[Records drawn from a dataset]
::::::::

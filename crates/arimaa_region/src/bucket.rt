//! The buckets of an index.
ghost use Rattle.std.specs.Prelude.{◌≡◌, ◌<◌};
ghost use Rattle.arimaa_region.specs.Hash.{bucket_of_hash, buckets_for};

/// How many buckets serve so many places: few enough that those of a long list stay in the
/// processor's cache.
#[tactic(auto, unfolding(crate::specs::Hash::buckets_for))]
pub(crate) fn buckets_for(room: u32) -> u32
    ensures value { result ≡ buckets_for room }
    ensures some { 0 < result }
{
    room / 4 + 1
}

/// The bucket of a hash, among so many.
#[tactic(auto, unfolding(crate::specs::Hash::bucket_of_hash))]
pub(crate) fn bucket(hash: u64, buckets: u32) -> u32
    requires { 0 < buckets }
    ensures value { result ≡ bucket_of_hash buckets hash }
    ensures small { result < buckets }
{
    let low = hash % (1 << 32);
    ((low * buckets as u64) >> 32) as u32
}
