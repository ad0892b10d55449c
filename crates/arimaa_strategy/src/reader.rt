//! The reader of strategies.
ghost use Rattle.std.specs.Prelude.{◌≡◌, ◌⊎◌, ℕ, List, Ok, Err, IfOk};
ghost use Rattle.arimaa_record.specs.Lines.{lines_of};
ghost use Rattle.arimaa_forced.specs.declared.entry.Entry.{Entry as EntryValue};
ghost use Rattle.arimaa_strategy.specs.Text.{IsStrategyText, IsFirstBadLine, IsStrategyReading};

use crate::entry_line::read_entry;
use crate::fault::StrategyFault;
use crate::strategy::Strategy;
use arimaa_board::Color;
use arimaa_record::{first_line, is_blank_line};
use std::alloc::Global;

/// The strategy of a text, with the attacker to move in each entry.
///
/// A line of an entry is its rank, from 0 to 99, blanks, a board's text, blanks, and a turn with
/// its removal marks. Lines of blanks alone, and comments, which begin with `#`, are passed over. A
/// line may end with a carriage return before its line feed.
///
/// `Text` names the first other line, counted from 1 over all lines. `Memory` is answered where no
/// memory was left before it, or before the end.
pub fn read_strategy(
    alloc: Global,
    bytes: &[u8],
    attacker: Color,
) -> Result<Strategy, StrategyFault>
    ensures entries { IfOk result (λ s. IsStrategyText bytes.now attacker s) }
    ensures fault { (n : ℕ) → result ≡ Err (StrategyFault.Text n)
        → IsFirstBadLine attacker (lines_of bytes.now) n }
    ensures no_other { (s : List EntryValue) → IsStrategyText bytes.now attacker s
        → (result ≡ Ok s) ⊎ (result ≡ Err StrategyFault.Memory) }
    ensures no_other_fault { (n : ℕ) → IsFirstBadLine attacker (lines_of bytes.now) n
        → (result ≡ Err (StrategyFault.Text n)) ⊎ (result ≡ Err StrategyFault.Memory) }
{
    reading(alloc, bytes, attacker)
}

// The strategy of a text, or its first bad line.
fn reading(alloc: Global, bytes: &[u8], attacker: Color) -> Result<Strategy, StrategyFault>
    ensures { IsStrategyReading bytes.now attacker result }
{
    let mut strategy = Strategy::new(alloc);
    let mut number: u64 = 0;
    let mut text = bytes;
    while let Some((line, rest)) = first_line(text) {
        number += 1;
        if !is_blank_line(line) {
            match read_entry(line, attacker) {
                Some(entry) => strategy.push(entry)?,
                None => return Err(StrategyFault::Text { line: number }),
            }
        }
        text = rest;
    }
    Ok(strategy)
}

::::::::

Write down all the entries again without a single difference.

**Exercise answer:**
filename crates/arimaa_region/src/bucket.rt
//! The buckets of an index.
ghost use Rattle.std.specs.Prelude.{◌≡◌, ◌<◌};
ghost use Rattle.arimaa_region.specs.Hash.{bucket_of_hash, buckets_for};

/// How many buckets serve so many places: few enough that those of a long list stay in the
/// processor's cache.
#[tactic(auto, unfolding(crate::specs::Hash::buckets_for))]
pub(crate) fn buckets_for(room: u32) -> u32
    ensures value { result ≡ buckets_for room }
    ensures some { 0 < result }
{
    room / 4 + 1
}

/// The bucket of a hash, among so many.
#[tactic(auto, unfolding(crate::specs::Hash::bucket_of_hash))]
pub(crate) fn bucket(hash: u64, buckets: u32) -> u32
    requires { 0 < buckets }
    ensures value { result ≡ bucket_of_hash buckets hash }
    ensures small { result < buckets }
{
    let low = hash % (1 << 32);
    ((low * buckets as u64) >> 32) as u32
}
repository ad0892b10d55449c
filename crates/arimaa_strategy/src/reader.rt
//! The reader of strategies.
ghost use Rattle.std.specs.Prelude.{◌≡◌, ◌⊎◌, ℕ, List, Ok, Err, IfOk};
ghost use Rattle.arimaa_record.specs.Lines.{lines_of};
ghost use Rattle.arimaa_forced.specs.declared.entry.Entry.{Entry as EntryValue};
ghost use Rattle.arimaa_strategy.specs.Text.{IsStrategyText, IsFirstBadLine, IsStrategyReading};

use crate::entry_line::read_entry;
use crate::fault::StrategyFault;
use crate::strategy::Strategy;
use arimaa_board::Color;
use arimaa_record::{first_line, is_blank_line};
use std::alloc::Global;

/// The strategy of a text, with the attacker to move in each entry.
///
/// A line of an entry is its rank, from 0 to 99, blanks, a board's text, blanks, and a turn with
/// its removal marks. Lines of blanks alone, and comments, which begin with `#`, are passed over. A
/// line may end with a carriage return before its line feed.
///
/// `Text` names the first other line, counted from 1 over all lines. `Memory` is answered where no
/// memory was left before it, or before the end.
pub fn read_strategy(
    alloc: Global,
    bytes: &[u8],
    attacker: Color,
) -> Result<Strategy, StrategyFault>
    ensures entries { IfOk result (λ s. IsStrategyText bytes.now attacker s) }
    ensures fault { (n : ℕ) → result ≡ Err (StrategyFault.Text n)
        → IsFirstBadLine attacker (lines_of bytes.now) n }
    ensures no_other { (s : List EntryValue) → IsStrategyText bytes.now attacker s
        → (result ≡ Ok s) ⊎ (result ≡ Err StrategyFault.Memory) }
    ensures no_other_fault { (n : ℕ) → IsFirstBadLine attacker (lines_of bytes.now) n
        → (result ≡ Err (StrategyFault.Text n)) ⊎ (result ≡ Err StrategyFault.Memory) }
{
    reading(alloc, bytes, attacker)
}

// The strategy of a text, or its first bad line.
fn reading(alloc: Global, bytes: &[u8], attacker: Color) -> Result<Strategy, StrategyFault>
    ensures { IsStrategyReading bytes.now attacker result }
{
    let mut strategy = Strategy::new(alloc);
    let mut number: u64 = 0;
    let mut text = bytes;
    while let Some((line, rest)) = first_line(text) {
        number += 1;
        if !is_blank_line(line) {
            match read_entry(line, attacker) {
                Some(entry) => strategy.push(entry)?,
                None => return Err(StrategyFault::Text { line: number }),
            }
        }
        text = rest;
    }
    Ok(strategy)
}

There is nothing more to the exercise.